Throughout the wartime world it was women who made up the majority of the agricultural labour force and this was also the case in Japan. By 1944 more than half the Japanese rural labour force was made up of women.
12
Returning from a lecture tour in Kyushu in May of that year, the journalist Kiyosawa Kiyoshi recorded in his diary: ‘when I looked out from the train, the people working in the fields were only women and children. Occasionally when I saw a man it was
a really old man.’
13
It was not so much military conscription which depleted the agricultural workforce as the war industries. Even though half the population of Japan were peasants, they made up only 23 per cent of military draftees during the Pacific war. Having relied on the countryside for recruits during the early 1930s, for the war with China and America the military preferred to rely on skilled young men from the factories, who made up 43 per cent of the draft between 1937 and 1945.
14
However, large numbers of fit and active young men and women left the countryside for the towns where better wages could be earned. When she left her village to work unloading coal from ships at the docks in Niigata, the family of fifteen-year-old Toshié was delighted with her wage of 5 yen a day.
15
Between 1941 and 1945 the military and industry together swallowed up 4 million rural labourers.

One farm woman recalled how hard it was ‘keeping up with the work, with so many of the men away. We had a hop field and the weeds grew shoulder-high. You almost broke your sickle on the weeds.’
16
To relieve some of the pressure on the hard-pressed women the joint labour schemes, which had been established by the rural revitalization programmes of the 1930s, expanded their activities. Not only were farm households encouraged to co-operate with each other to transplant, weed, harvest and thresh the rice, but 15,000 communal kitchens were set up to save everyone from having to cook for themselves and 30,000 nurseries freed up the children’s mothers for long hours of work in the fields.
17
The government also exempted schoolchildren from their studies and sent them into the countryside to help.
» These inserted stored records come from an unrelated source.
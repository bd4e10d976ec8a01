// Runs the examples and edges of document 01, as the requests of document 02 that have landed change them, and the examples that
// source document 003 prints. What is printed is compared, a line for each call: what it was, its code, and its bytes or numbers.
// A constant of 01 that is wrong in its definition and in the code alike is proved all the same: here it shows, since what is
// taken stands beside what lies next to it.
#![tactic(auto)]

mod boxes; // boxes.rt: the box at edges that no message of the script reaches
mod harvest; // harvest.rt: the harvester's calls at their edges
mod script; // script.rt: the messages on standard input, fed to boxes
mod telling; // telling.rt: what a call came to, in a line

use streams::Streams;

fn main(rt: HostRuntime) {
    let mut io = Streams::new(rt.stdin(), rt.stdout(), rt.stderr());
    let mut text = [0u8; 65536];
    let n = io.read_full(&mut text);
    let out = rt.stdout();
    script::run(out, &text[..n]);
    telling::say(
        out,
        b"\n# Packets cut: code, and the packet's first ten bytes\n",
    );
    boxes::forms(out);
    boxes::cuts(out);
    boxes::counts(out);
    telling::say(out, b"\n# Replies with little room\n");
    boxes::feeds(out);
    telling::say(
        out,
        b"\n# Packets read: code, position, first sample, missed, in all; unpacked: code, numbers, sample bytes\n",
    );
    harvest::packets_read(out);
    telling::say(out, b"\n# Wishes written\n");
    harvest::wishes_written(out);
    telling::say(out, b"\n# Replies read\n");
    harvest::replies_read(out);
    telling::say(out, b"\n# Heads written\n");
    harvest::heads_written(out);
    telling::say(
        out,
        b"\n# Heads read: code, version, D, frequency, mode, size, serial, clock\n",
    );
    harvest::heads_read(out);
    telling::say(
        out,
        b"\n# Heads moved to version 2, and back to version 1\n",
    );
    harvest::heads_moved(out);
    telling::say(
        out,
        b"\n# Packets of 16 bits: code, and the packet's first ten bytes\n",
    );
    boxes::sixteen_bits(out);
    telling::say(
        out,
        b"\n# The tuning words: code, the words kept of channels 00 and 02; what asking for each answers\n",
    );
    boxes::words(out);
    telling::say(out, b"\n# The same with two channels\n");
    boxes::two_words(out);
}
Altogether a million students laboured in the fields. But this was not a temporary holiday, as it was in Britain or California, but a permanent release from school. Tanaka Tetsuko, a student when the war began, recalled how ‘classes practically came to an end and our education became mostly volunteer work … It was very strenuous, physical labour.’ Tanaka took solace in the idea that ‘we were part of a divine country centred on the Emperor. The whole Japanese race was fighting a war.’
18
So effective was the deployment of students that Japan, unlike Germany, Britain and America, barely used prisoners or forced labour in its fields.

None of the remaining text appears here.